## Brief
Take each line of the data that contains the string "static" and copy it.

Stored items

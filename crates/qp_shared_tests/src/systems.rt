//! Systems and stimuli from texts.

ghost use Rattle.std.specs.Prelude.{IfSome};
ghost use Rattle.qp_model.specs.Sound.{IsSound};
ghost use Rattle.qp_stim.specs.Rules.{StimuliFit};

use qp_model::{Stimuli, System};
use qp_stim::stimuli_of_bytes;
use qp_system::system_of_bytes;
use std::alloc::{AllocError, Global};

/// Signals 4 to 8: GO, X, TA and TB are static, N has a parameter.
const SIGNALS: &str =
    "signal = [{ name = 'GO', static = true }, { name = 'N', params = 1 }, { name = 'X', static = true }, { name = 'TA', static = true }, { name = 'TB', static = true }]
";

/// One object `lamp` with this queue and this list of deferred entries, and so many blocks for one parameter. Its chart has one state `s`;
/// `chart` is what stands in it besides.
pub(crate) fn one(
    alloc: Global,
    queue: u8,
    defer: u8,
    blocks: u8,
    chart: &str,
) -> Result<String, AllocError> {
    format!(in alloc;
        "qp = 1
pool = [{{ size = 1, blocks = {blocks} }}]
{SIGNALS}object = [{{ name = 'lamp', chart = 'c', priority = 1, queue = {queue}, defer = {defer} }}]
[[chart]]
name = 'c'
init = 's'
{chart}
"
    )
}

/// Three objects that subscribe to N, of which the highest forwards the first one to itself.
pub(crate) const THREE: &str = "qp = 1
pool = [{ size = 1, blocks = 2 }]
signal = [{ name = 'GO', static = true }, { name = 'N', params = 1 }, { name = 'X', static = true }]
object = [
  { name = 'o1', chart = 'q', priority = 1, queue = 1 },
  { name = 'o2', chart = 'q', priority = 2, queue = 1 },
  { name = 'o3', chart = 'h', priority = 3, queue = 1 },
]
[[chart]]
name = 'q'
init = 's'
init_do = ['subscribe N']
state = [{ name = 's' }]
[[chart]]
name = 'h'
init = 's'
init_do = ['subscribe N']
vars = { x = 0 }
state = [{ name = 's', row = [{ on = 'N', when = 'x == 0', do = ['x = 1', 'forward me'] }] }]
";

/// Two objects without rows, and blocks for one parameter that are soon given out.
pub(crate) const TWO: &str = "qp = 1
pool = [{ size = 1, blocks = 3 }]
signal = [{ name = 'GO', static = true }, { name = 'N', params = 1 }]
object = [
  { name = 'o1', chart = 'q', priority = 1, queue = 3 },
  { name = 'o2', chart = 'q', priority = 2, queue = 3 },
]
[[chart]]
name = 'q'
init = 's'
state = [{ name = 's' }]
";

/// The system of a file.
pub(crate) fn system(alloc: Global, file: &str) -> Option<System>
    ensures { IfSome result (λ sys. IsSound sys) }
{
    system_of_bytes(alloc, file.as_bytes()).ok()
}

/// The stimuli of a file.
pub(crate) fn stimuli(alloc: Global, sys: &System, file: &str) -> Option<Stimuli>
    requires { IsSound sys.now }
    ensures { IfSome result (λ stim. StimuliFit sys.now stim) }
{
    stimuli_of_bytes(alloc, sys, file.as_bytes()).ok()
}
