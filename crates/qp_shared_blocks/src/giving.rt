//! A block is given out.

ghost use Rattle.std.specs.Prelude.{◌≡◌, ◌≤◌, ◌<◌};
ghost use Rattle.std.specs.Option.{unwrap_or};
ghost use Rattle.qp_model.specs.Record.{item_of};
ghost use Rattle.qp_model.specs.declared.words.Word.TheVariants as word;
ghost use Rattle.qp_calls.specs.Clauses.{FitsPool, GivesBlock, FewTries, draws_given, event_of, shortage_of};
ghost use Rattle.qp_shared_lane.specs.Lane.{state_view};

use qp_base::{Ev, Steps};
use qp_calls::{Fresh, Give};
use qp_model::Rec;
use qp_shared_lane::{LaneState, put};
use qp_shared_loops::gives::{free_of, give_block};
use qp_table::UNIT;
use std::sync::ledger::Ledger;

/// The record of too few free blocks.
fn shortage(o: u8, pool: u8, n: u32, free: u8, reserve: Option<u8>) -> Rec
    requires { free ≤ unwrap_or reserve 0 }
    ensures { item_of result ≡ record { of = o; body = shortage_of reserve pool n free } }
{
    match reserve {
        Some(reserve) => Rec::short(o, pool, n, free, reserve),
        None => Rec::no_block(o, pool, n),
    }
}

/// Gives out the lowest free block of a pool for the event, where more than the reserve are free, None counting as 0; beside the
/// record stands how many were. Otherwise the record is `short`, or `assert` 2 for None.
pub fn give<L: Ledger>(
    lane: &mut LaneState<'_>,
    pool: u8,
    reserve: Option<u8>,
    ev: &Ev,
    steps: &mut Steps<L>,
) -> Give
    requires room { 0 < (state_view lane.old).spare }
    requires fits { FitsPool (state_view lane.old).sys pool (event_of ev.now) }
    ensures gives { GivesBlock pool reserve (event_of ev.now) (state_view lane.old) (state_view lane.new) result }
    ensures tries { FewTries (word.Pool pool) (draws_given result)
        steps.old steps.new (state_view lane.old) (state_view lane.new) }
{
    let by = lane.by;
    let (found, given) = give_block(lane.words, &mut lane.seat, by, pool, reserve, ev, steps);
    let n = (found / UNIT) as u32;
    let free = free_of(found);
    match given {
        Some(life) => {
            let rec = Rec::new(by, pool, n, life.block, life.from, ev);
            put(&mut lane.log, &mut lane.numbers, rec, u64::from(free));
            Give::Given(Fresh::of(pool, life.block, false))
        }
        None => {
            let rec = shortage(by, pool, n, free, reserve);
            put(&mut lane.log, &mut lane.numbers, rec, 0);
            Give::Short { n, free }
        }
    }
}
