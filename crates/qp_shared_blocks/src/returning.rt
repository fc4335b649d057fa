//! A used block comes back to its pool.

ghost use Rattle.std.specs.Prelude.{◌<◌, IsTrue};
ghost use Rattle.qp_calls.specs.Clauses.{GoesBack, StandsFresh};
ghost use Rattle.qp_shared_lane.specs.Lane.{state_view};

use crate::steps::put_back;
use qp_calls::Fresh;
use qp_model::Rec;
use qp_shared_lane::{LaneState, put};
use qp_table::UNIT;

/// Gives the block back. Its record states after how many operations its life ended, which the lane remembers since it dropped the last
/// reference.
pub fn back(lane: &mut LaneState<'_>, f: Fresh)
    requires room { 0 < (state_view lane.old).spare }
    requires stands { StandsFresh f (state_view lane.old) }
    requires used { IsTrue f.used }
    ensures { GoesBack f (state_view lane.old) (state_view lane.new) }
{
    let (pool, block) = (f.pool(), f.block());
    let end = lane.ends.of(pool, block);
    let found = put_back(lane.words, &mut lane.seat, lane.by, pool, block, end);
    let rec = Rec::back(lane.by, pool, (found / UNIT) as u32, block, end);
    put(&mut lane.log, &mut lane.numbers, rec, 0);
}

...

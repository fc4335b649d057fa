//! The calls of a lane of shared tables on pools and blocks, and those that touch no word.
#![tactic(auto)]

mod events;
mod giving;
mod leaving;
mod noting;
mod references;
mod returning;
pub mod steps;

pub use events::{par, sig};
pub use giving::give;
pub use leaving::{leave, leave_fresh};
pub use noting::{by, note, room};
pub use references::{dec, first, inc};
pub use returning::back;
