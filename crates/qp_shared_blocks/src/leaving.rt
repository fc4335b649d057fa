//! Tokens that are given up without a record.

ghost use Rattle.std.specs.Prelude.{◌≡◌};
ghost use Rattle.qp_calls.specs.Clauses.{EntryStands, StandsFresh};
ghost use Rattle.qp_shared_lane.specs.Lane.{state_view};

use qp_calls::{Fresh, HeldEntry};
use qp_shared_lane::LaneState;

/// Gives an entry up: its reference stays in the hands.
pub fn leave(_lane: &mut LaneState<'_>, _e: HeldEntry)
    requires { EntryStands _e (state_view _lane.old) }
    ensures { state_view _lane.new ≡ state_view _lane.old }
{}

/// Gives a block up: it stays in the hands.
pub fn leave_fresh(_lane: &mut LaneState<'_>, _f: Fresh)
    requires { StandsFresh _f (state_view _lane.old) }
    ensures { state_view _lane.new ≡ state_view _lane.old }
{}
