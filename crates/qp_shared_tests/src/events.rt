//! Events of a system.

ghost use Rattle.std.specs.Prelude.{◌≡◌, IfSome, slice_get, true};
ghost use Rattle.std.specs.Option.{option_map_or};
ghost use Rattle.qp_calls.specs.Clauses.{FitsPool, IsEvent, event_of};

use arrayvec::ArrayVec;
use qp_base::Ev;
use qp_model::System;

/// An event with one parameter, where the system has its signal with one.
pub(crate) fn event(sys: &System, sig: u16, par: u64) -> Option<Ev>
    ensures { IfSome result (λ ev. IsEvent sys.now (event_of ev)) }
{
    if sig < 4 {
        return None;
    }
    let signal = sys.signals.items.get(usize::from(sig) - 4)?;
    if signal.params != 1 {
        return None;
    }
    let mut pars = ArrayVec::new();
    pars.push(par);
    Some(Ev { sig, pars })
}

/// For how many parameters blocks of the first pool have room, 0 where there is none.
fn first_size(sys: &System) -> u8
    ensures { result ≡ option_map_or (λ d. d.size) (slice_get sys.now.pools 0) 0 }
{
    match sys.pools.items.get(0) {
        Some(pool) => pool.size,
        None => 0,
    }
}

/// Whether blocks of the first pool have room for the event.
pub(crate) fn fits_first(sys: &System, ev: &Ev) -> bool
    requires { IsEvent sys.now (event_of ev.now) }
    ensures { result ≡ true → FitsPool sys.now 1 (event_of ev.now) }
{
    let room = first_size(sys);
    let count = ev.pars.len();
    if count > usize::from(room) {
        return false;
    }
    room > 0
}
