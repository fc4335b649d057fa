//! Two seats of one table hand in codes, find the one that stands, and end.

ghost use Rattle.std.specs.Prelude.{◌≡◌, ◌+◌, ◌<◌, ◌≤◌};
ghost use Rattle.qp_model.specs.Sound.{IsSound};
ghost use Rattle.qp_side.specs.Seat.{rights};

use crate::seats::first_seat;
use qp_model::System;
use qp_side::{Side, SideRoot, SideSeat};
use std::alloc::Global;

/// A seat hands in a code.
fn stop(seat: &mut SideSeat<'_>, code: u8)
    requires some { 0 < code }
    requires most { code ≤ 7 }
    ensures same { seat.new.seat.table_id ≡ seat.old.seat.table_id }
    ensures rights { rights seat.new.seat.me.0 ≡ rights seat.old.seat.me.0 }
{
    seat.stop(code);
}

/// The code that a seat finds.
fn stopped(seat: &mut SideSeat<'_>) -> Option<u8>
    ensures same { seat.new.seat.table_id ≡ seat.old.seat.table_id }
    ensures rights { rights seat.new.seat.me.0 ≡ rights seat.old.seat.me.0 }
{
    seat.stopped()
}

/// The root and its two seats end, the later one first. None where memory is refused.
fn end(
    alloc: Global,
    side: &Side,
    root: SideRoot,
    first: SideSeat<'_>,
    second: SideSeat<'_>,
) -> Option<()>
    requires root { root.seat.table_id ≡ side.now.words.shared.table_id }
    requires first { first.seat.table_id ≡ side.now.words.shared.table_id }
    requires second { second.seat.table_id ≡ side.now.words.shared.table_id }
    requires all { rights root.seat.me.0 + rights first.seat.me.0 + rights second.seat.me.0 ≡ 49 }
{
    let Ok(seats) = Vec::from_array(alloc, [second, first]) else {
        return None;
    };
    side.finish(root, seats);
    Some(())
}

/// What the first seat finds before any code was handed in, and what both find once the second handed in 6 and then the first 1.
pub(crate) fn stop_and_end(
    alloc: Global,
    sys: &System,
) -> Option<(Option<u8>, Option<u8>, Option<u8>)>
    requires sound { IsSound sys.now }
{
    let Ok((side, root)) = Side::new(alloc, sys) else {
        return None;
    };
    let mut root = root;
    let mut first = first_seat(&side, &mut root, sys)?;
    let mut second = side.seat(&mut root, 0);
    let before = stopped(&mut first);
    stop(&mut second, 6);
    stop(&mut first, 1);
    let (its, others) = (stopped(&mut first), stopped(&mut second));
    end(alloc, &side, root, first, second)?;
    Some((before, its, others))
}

## Written solution
/// Signals 4 to 8: GO, X, TA and TB are static, N has a parameter.
    "signal = [{ name = 'GO', static = true }, { name = 'N', params = 1 }, { name = 'X', static = true }, { name = 'TA', static = true }, { name = 'TB', static = true }]
signal = [{ name = 'GO', static = true }, { name = 'N', params = 1 }, { name = 'X', static = true }]
signal = [{ name = 'GO', static = true }, { name = 'N', params = 1 }]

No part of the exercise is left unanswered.